You will be available to voluntary sign up for overtime after your 90 day probation. After your 90 day probation you are eligible for mandatory overtime as well. If it’s posted on my time it is official and accountable. Last year I worked 2400 hours and grossed 52k as my second year at Target. There’s 2080 in a 40 hour work week for a year. Does that help you form a better perceptive?


----------



## Avocadioo (Aug 6, 2022)

My DC has very experienced Training Specialist. These roles are vital to our entire company’s operation. Having a clear understanding of the job function you are about to perform is important. My DC’s new hire program/safety has made internal records. My dc’s TOM/Training Specialist/Trainer team is ranked first internally throughout our network. We keep it safe and keep the bar raised even higher. At my DC. We are now just coming out of off-season. Training season should be in full session. Peak will be right around da corner.
	

	
	
		
		



		
			




Period 3 is gonna hit hard. Keep the lights off and you Gucci.


----------



## marcus85306 (Aug 6, 2022)

Thanks everybody! I was just curious because I also do Door Dash/Uber to make extra $$$ so it sounds like I will have plenty of time and flexibility to do that but I am always down for OT. I ain't sacred lmao 🤣


----------



## Avocadioo (Aug 6, 2022)

marcus85306 said:


> Thanks everybody! I was just curious because I also do Door Dash/Uber to make extra $$$ so it sounds like I will have plenty of time and flexibility to do that but I am always down for OT. I ain't sacred lmao 🤣


“I ain’t sacred” is what she said. There’s enough 🍞 to share and OT to be worked. Muscle memory and adjusting takes time that’s why we use the ramp up process. You also have to take in other factors such as hydration… being dehydrated will deplete you of energy. If you expect to work 60 hour work weeks you cannot do it healthily with partying during the week. Especially drinking because it only dehydrates you more. These trailers internal temperatures can exceed 120+. Senior leadership at my DC has always enforced non-negotiables and if you are in your probation period it is automatic termination. I hope you have what it takes to survive the target lifestyle of a 60 hr a week worker.


----------



## YugTegrat (Aug 6, 2022)

Avocadioo said:


> Last year I worked 2400 hours and grossed 52k as my second year at Target. There’s 2080 in a 40 hour work week for a year.

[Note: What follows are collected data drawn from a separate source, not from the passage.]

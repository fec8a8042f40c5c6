// The conditions of the period way and the set way in their order, all but the last, 17: those on what is
// given, and then those on the monic multiples for which the factors stand.
ghost use Rattle.std.specs.Prelude.{◌≡◌};
ghost use Rattle.meaning.specs.Result.{first_of};
ghost use Rattle.meaning.specs.Conditions.{named};
ghost use Rattle.meaning.specs.Slices.{lists_of};
ghost use Rattle.arith.specs.Represented.{field_of};
ghost use Rattle.irreducible.specs.Accepted.{Accepted};
ghost use Rattle.refusals.specs.conditions.factors.Factors.{AllAccepted};
ghost use Rattle.refusals.specs.Verdicts.{number_in, powers_table, given_table, given_set_table, period_rest};
ghost use Rattle.refusals.specs.Verdicts.{set_rest};

use crate::conditions::factors::upper_powers_out_of_range;
use crate::conditions::lists::{fewer_terms_than, reducible};
use crate::factors::{factor_verdict, factors_verdict, multiples_verdict};
use crate::{lent_verdict, terms_verdict};
use arith::GaloisField;
use meaning::Refusal;
use poly::powered::Powered;

// What the upper powers, their total degree, the number of terms and the lent bytes decide: 14, 15, 16.
fn powers_verdict(set: Powered, terms: &[u8], answer: usize, work: usize) -> Result<(), Refusal>
    ensures { number_in result
        ≡ first_of (powers_table (named (lists_of set.entry.factors.now) set.entry.powers.now)
        terms.now answer work) }
{
    if upper_powers_out_of_range(set) {
        return Err(Refusal::UpperPowers);
    }
    if fewer_terms_than(set.total_degree(), terms) {
        return Err(Refusal::TooFewTerms);
    }
    lent_verdict(answer, work)
}

// The terms and one factor as they are given: 7, 8, 10, 11.
pub fn given_verdict(field: GaloisField, factor: &[u8], terms: &[u8]) -> Result<(), Refusal>
    ensures { number_in result ≡ first_of
        (given_table (field_of field) factor.now terms.now) }
{
    terms_verdict(field, terms)?;
    factor_verdict(field, factor)
}

// The terms and the factors of a set as they are given: 7 to 11.
pub fn given_set_verdict(field: GaloisField, factors: &[&[u8]], terms: &[u8]) -> Result<(), Refusal>
    ensures { number_in result
        ≡ first_of (given_set_table (field_of field) (lists_of factors.now) terms.now) }
{
    terms_verdict(field, terms)?;
    factors_verdict(field, factors)
}

// The period way after that: 12, 16.
pub fn period_verdict(
    field: GaloisField,
    multiple: &[u8],
    answer: usize,
    work: usize,
) -> Result<(), Refusal>
    requires { Accepted (field_of field) multiple.now }
    ensures { number_in result ≡ first_of (period_rest (field_of field) multiple.now answer work) }
{
    if reducible(field, multiple) {
        return Err(Refusal::Reducible);
    }
    lent_verdict(answer, work)
}

// The set way after that, with monic multiples and their upper powers: 12 to 16.
pub fn set_verdict(
    field: GaloisField,
    set: Powered,
    terms: &[u8],
    answer: usize,
    work: usize,
) -> Result<(), Refusal>
    requires { AllAccepted (field_of field) (lists_of set.factors.now) }
    ensures { number_in result
        ≡ first_of
        (set_rest (field_of field) (lists_of set.entry.factors.now) set.entry.powers.now
        terms.now
        answer work) }
{
    multiples_verdict(field, set.factors)?;
    powers_verdict(set, terms, answer, work)
}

Being able to work just 2080 hours store-side is pretty rare. Is 2400 hours or more for the year pretty common at DCs with the OT push?


----------



## WHS (Aug 6, 2022)

YugTegrat said:


> Being able to work just 2080 hours store-side is pretty rare. Is 2400 hours or more for the year pretty common at DCs with the OT push?


Do yourself a favor and don’t listen to him


----------



## WHS (Aug 6, 2022)

marcus85306 said:


> How much OT is there at DC's normally? I work 3×12's so will I get my four days off consistently except during peak?


Depends on the DC.  We’ve been off mandatory at ours for the last year.  But voluntary OT has been available for every busy period since.  Most likely you’ll be able to volunteer as soon as you’re considered proficient.  You can sign up for as little as 1 half shift for 5 hours which would technically only be 1 hour of OT pay.  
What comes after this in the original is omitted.